My experience as an intern at CERDEC

During Summer of 2018 I got the opportunity to work at Aberdeen Proving Ground as a Software Engineering Intern. I worked in an Agile Environment with 5 group members on network emulation software that was used daily by a group of 10 analysts at APG.

The project

When I came, there were large parts of the codebase that were technically written in Java, but were written by a C programmer. All the code was in one class, bad variable names, the whole legacy code experience. Unfortunately the project was built around this module, and we needed to make it extensible to add some new features. The analysts would load some options for a simulation into the system, this guy with this radio over here, this helicopter over here, etc, and that would be transmitted as a json message into this large module of legacy code. The legacy code would then take this message, reconstruct this message into a different data format (?) and dispatch it out to workers to carry out parts of the simulation.

The Solution

I didn’t want to just refactor this code and be done with it, I wanted to leave with this project in a more workable state. To do that, I knew I would need to essentially design the module with the software’s uses in mind. So I asked the team to show me how the software was used, and I followed around analysts asking what it is they wanted to be able to do. From here I made some class diagrams and asked the team to verify what entities were present in the system. After long group meetings and healthy discussion, I feel like we all gained some more understanding of the system.

…and more

One of my teams major goals became to redesign this module around using google’s GSON. This would allow us to have the workers share a data model with the rest of the program. Further, gson allows you to serialize/deserialize polymorphic data, making the system much more extensible/generic/better. The issue that immediatly arised when adding gson to the project was that it was an external library. Why was that an issue?

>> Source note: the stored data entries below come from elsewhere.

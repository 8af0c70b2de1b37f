//! Plans, records and projects to test with.

use ftn_base::Bytes;
use ftn_tree::Value;
use gen_project::make;
use list_io::line;
use plan_file::{PlanFault, read_plan, write_plan};
use std::alloc::Global;

const PLAN: &[u8] = b"ftn-plan 1\nfiles 2\nfile 0 B.f90\n\nfile 11 a.f90\n123456789\n\xff\nend\n";

const RECORD: &[u8] = b" -2147483648 T ab \xff  F 10\n";

/// A plan is read, and written again; cut short it is none.
fn plans(alloc: Global) -> Option<bool> {
    let plan = read_plan(alloc, PLAN).ok()?;
    let text = write_plan(alloc, &plan).ok()?;
    let cut = read_plan(alloc, &PLAN[..40]);
    Some(text.as_slice() == PLAN && matches!(cut, Err(PlanFault::NotAPlan(33))))
}

fn records(alloc: Global) -> Option<bool> {
    let mut items = Vec::new(alloc);
    items.push(Value::Whole(i32::MIN)).ok()?;
    items.push(Value::Truth(true)).ok()?;
    let text = Bytes::from_slice(alloc, b"ab \xff").ok()?;
    items.push(Value::Chars(text).copy(alloc).ok()?).ok()?;
    let none = Bytes::from_slice(alloc, b"").ok()?;
    items.push(Value::Chars(none)).ok()?;
    items.push(Value::Truth(false)).ok()?;
    items.push(Value::Whole(10)).ok()?;
    Some(line(alloc, &items).ok()?.bytes() == RECORD)
}

/// The project with the fewest modules, and the one with the most.
fn projects(alloc: Global) -> Option<bool> {
    let few = make(alloc, 0).ok()?;
    let many = make(alloc, 1999).ok()?;
    let main = few.last()?;
    let named = main.0.bytes() == b"main.f90".as_slice();
    Some(named && few.len() == 2 && many.len() == 2001)
}

#[test]
fn plans_records_and_projects_have_memory(rt: HostRuntime) {
    let alloc = rt.alloc();
    assert!(rt; plans(alloc) == Some(true));
    assert!(rt; records(alloc) == Some(true));
    assert!(rt; projects(alloc) == Some(true));
}
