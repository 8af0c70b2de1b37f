//! Whether a row asks for what may be laid out.

ghost use Rattle.std.specs.Prelude.{◌≡◌, ◌≢◌, ◌≤◌, ◌<◌, ◌++◌, true, length, slice_index, All, AllPairs, IfOk, OnOk, option_map, slice_get};
ghost use Rattle.ftn_base.specs.StorageMembers.{all_members, members_of, sizes_of};
ghost use Rattle.ftn_base.specs.StorageGiven.{AreGiven, IsObjectOf, IsTieOf};

use ftn_base::{BlockList, Member, NoMemory, Object, Tie};
use std::alloc::Global;

/// Far more than a row has.
const MANY: usize = 1000;

fn add_list(members: &mut Vec<Member>, list: &BlockList) -> Result<(), NoMemory>
    ensures { OnOk result (members.new.items ≡ members.old.items ++ members_of list.now) }
{
    for object in &list.members {
        members.push(Member {
            block: list.block,
            scope: list.scope,
            object: *object,
        })?;
    }
    Ok(())
}

fn members_of_all(alloc: Global, blocks: &[BlockList]) -> Result<Vec<Member>, NoMemory>
    ensures { IfOk result (λ members. members.items ≡ all_members blocks.now) }
{
    let mut members = Vec::new(alloc);
    for list in blocks {
        add_list(&mut members, list)?;
    }
    Ok(members)
}

fn are_filled(objects: &[Object]) -> bool
    ensures { result ≡ true → All (λ object. 1 ≤ object.units) objects.now }
{
    for object in objects {
        if object.units == 0 {
            return false;
        }
    }
    true
}

fn is_new(earlier: &[Member], member: Member) -> bool
    ensures { result ≡ true → All (λ one. one.object ≢ member.object) earlier.now }
{
    for one in earlier {
        if one.object == member.object {
            return false;
        }
    }
    true
}

fn are_once(members: &[Member]) -> bool
    ensures { result ≡ true → AllPairs (λ earlier later. earlier.object ≢ later.object) members.now }
{
    for number in 0..members.len() {
        if !is_new(&members[..number], members[number]) {
            return false;
        }
    }
    true
}

fn is_so(one: &BlockList, list: &BlockList) -> bool
    ensures { result ≡ true → one.now.block ≡ list.now.block → one.now.named ≡ list.now.named }
{
    one.block != list.block || one.named == list.named
}

fn is_named_so(earlier: &[BlockList], list: &BlockList) -> bool
    ensures { result ≡ true → All (λ one. one.block ≡ list.now.block → one.named ≡ list.now.named) earlier.now }
{
    for one in earlier {
        if !is_so(one, list) {
            return false;
        }
    }
    true
}

fn are_named(blocks: &[BlockList]) -> bool
    ensures { result ≡ true → AllPairs (λ earlier later. earlier.block ≡ later.block → earlier.named ≡ later.named) blocks.now }
{
    for number in 0..blocks.len() {
        if !is_named_so(&blocks[..number], &blocks[number]) {
            return false;
        }
    }
    true
}

fn scope_of(objects: &[Object], number: u32) -> Option<u32>
    ensures { result ≡ option_map (λ object. object.scope) (slice_get objects.now number) }
{
    match objects.get(number as usize) {
        Some(object) => Some(object.scope),
        None => None,
    }
}

fn are_at_home(objects: &[Object], members: &[Member]) -> bool
    ensures { result ≡ true → All (λ member. IsObjectOf objects.now member.scope member.object) members.now }
{
    for member in members {
        if scope_of(objects, member.object) != Some(member.scope) {
            return false;
        }
    }
    true
}

fn has_unit(objects: &[Object], number: u32, unit: u32) -> bool
    ensures { result ≡ true → (number < length objects.now) × (unit < slice_index (sizes_of objects.now) number) }
{
    match objects.get(number as usize) {
        Some(object) => unit < object.units,
        None => false,
    }
}

fn is_tie_of(objects: &[Object], tie: Tie) -> bool
    ensures { result ≡ true → IsTieOf objects.now tie }
{
    has_unit(objects, tie.a, tie.at_a)
        && has_unit(objects, tie.b, tie.at_b)
        && scope_of(objects, tie.a) == scope_of(objects, tie.b)
}

fn are_tied(objects: &[Object], ties: &[Tie]) -> bool
    ensures { result ≡ true → All (IsTieOf objects.now) ties.now }
{
    for tie in ties {
        if !is_tie_of(objects, *tie) {
            return false;
        }
    }
    true
}

/// Whether these objects, lists and ties may be laid out.
pub fn are_given(
    alloc: Global,
    objects: &[Object],
    blocks: &[BlockList],
    ties: &[Tie],
) -> Result<bool, NoMemory>
    ensures { IfOk result (λ given. given ≡ true → AreGiven objects.now blocks.now ties.now) }
{
    let members = members_of_all(alloc, blocks)?;
    if blocks.len() >= MANY || members.len() >= MANY || ties.len() >= MANY {
        return Ok(false);
    }
    if !are_filled(objects) || !are_tied(objects, ties) {
        return Ok(false);
    }
    if !are_once(&members) || !are_at_home(objects, &members) {
        return Ok(false);
    }
    Ok(are_named(blocks))
}
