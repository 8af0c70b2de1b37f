//! Objects, ties and lists of common blocks, and the areas, offsets, sizes and blocks of their layout, or why there is none.

use crate::tests::fields::{halves, lists, numbers};
use crate::tests::layout_given::are_given;
use crate::tests::tie_rows::ties;
use ftn_base::{BlockList, Object, Sort, Tie};
use std::alloc::Global;
use storage_layout::{Layout, LayoutFault, layout};

/// Of each row the objects (units, 1 for characters, scoping unit), the ties, and each list (block, scoping unit, members). Block 20 is
/// blank common. What is wanted: areas, offsets, sizes, and one more than each area's block or 0; or after a `!` the fault in numbers.
const LAYOUTS: &[u8] = b"/~///;3 0 0 2 0 0 1 0 0/0 1 1 0/7 0 2~0 0 1/0 1 0/3 1/0 8;\
2 0 0 3 0 0/0 0 1 2~0 0/2 0/4/0;2 1 0 3 0 1/~0 1/0 0/2 3/0 0;\
3 0 0 4 0 1//20 0 0/20 1 1~0 0/0 0/4/21;2 0 0 3 0 0//7 0 0/7 0 1~0 0/0 2/5/8;\
2 0 0 4 0 0/0 1 1 0/7 0 0~0 0/0 1/5/8;1048576 0 0/~0/0/1048576/0;\
1 0 0 1048577 0 0/~!1 1 0 0;4294967295 0 0/~!1 0 0 0;\
3 0 0 3 0 0/0 2 1 0 1 1 0 0~!2 1 0 0;1 0 0 1 0 0/0 0 1 0/7 0 0 1~!2 0 0 0;\
1 0 0 3 0 0/0 0 1 1/7 0 0~!3 0 0 0;1 0 0 1 0 0/0 0 1 0/7 0 0/8 0 1~!4 0 0 0;\
1 0 0 1 1 0/0 0 1 0~!5 1 0 0;1 0 0 1 0 0 2 1 1//7 0 0 1/7 1 2~!5 0 2 0;\
1 0 0 1 1 0 1 1 1/1 0 1 0 0 0 1 0/7 0 0/7 1 2~!5 2 2 0;3 0 0 4 0 1//7 0 0/7 1 1~!6 1 0 0;\
3 0 0 2 0 1 1 0 1 1 0 1//7 0 0/7 1 1/7 1 2 3~!6 1 0 0;1 0 1//7 0/7 1 0~!6 1 0 0;\
1048576 0 0 1048576 0 0 1048576 0 0 1048576 0 0 1048576 0 0 1048576 0 0 1048576 0 0 1048576 0 0 \
1048576 0 0 1048576 0 0 1048576 0 0 1048576 0 0 1048576 0 0 1048576 0 0 1048576 0 0 1048576 0 0 1 0 0/~!1 16 0 0";

fn objects(alloc: Global, numbers: &[u32]) -> Option<Vec<Object>> {
    let mut objects = Vec::new(alloc);
    for three in numbers.chunks_exact(3) {
        if let [units, characters, scope] = three {
            let sort = if *characters == 1 {
                Sort::Character
            } else {
                Sort::Numeric
            };
            let (units, scope) = (*units, *scope);
            objects.push(Object { units, sort, scope }).ok()?;
        }
    }
    Some(objects)
}

fn block_list(alloc: Global, numbers: &[u32]) -> Option<BlockList> {
    let [block, scope, members @ ..] = numbers else {
        return None;
    };
    Some(BlockList {
        block: *block,
        named: *block != 20,
        scope: *scope,
        members: Vec::from_slice(alloc, members).ok()?,
    })
}

fn block_lists(alloc: Global, lists: &[Vec<u32>]) -> Option<Vec<BlockList>> {
    let mut blocks = Vec::new(alloc);
    for list in lists {
        blocks.push(block_list(alloc, list)?).ok()?;
    }
    Some(blocks)
}

/// The layout, or `NoMemory` where there is none to ask for.
fn given_layout(
    alloc: Global,
    objects: &[Object],
    blocks: &[BlockList],
    ties: &[Tie],
) -> Result<Layout, LayoutFault> {
    if !are_given(alloc, objects, blocks, ties)? {
        return Err(LayoutFault::NoMemory);
    }
    layout(alloc, objects, blocks, ties)
}

fn laid(alloc: Global, asked: &[u8]) -> Option<Result<Layout, LayoutFault>> {
    let lists = lists(alloc, asked)?;
    let [made, tied, blocks @ ..] = lists.as_slice() else {
        return None;
    };
    let objects = objects(alloc, made)?;
    let ties = ties(alloc, tied)?;
    let blocks = block_lists(alloc, blocks)?;
    Some(given_layout(alloc, &objects, &blocks, &ties))
}

/// One more than the number, or 0 where there is none.
fn next(number: Option<u32>) -> u32 {
    match number {
        Some(number) => number.saturating_add(1),
        None => 0,
    }
}

/// A fault in numbers: which one, its object, tie or list; of a mismatch one more than the tie and the list, and the position.
fn fault_numbers(fault: LayoutFault) -> [u32; 4] {
    match fault {
        LayoutFault::NoMemory => [0, 0, 0, 0],
        LayoutFault::TooLarge(object) => [1, object, 0, 0],
        LayoutFault::Conflict(tie) => [2, tie, 0, 0],
        LayoutFault::BeforeStart(tie) => [3, tie, 0, 0],
        LayoutFault::TwoBlocks(tie) => [4, tie, 0, 0],
        LayoutFault::SortMismatch { tie, member: None } => [5, next(tie), 0, 0],
        LayoutFault::SortMismatch {
            tie,
            member: Some((list, at)),
        } => [5, next(tie), next(Some(list)), at],
        LayoutFault::CommonSize(list) => [6, list, 0, 0],
    }
}

fn are_blocks(blocks: &[Option<u32>], wanted: &[u32]) -> bool {
    let same = blocks
        .iter()
        .zip(wanted)
        .all(|(block, number)| next(*block) == *number);
    blocks.len() == wanted.len() && same
}

fn is_layout(alloc: Global, made: &Layout, wanted: &[u8]) -> Option<bool> {
    let lists = lists(alloc, wanted)?;
    let [area, offset, size, block] = lists.as_slice() else {
        return None;
    };
    let same = made.area == *area && made.offset == *offset && made.size == *size;
    Some(same && are_blocks(&made.block, block))
}

fn is_fault(alloc: Global, fault: LayoutFault, wanted: &[u8]) -> Option<bool> {
    let [b'!', rest @ ..] = wanted else {
        return None;
    };
    Some(numbers(alloc, rest)?.as_slice() == fault_numbers(fault).as_slice())
}

/// Whether the row's objects are laid out or refused as it says.
fn holds(alloc: Global, row: &[u8]) -> Option<bool> {
    let (asked, wanted) = halves(row)?;
    match laid(alloc, asked)? {
        Ok(made) => is_layout(alloc, &made, wanted),
        Err(fault) => is_fault(alloc, fault, wanted),
    }
}

#[test]
fn objects_are_laid_out_as_rows_say(rt: HostRuntime) {
    for row in LAYOUTS.split(|byte| *byte == b';') {
        assert!(rt; holds(rt.alloc(), row) == Some(true));
    }
}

Up until this point the project was not using a build system, or a dependency management system. Everytime somebody wanted to use the system, they would need to import it as a project into their favorite java IDE, modify the source code to work off some configuration files, add fields, then compile it and load it up. I was not going to leave with this continuing to be the case, so I began to migrate the project to Gradle.

The end

The migration to Gradle, the redesigning of a legacy code module, the requirements analysis, to me, the most important part of was working on something that mattered. I want to be a software engineer, and I want to be a good one, so working on real code that had an effect on real peoples lives was amazing.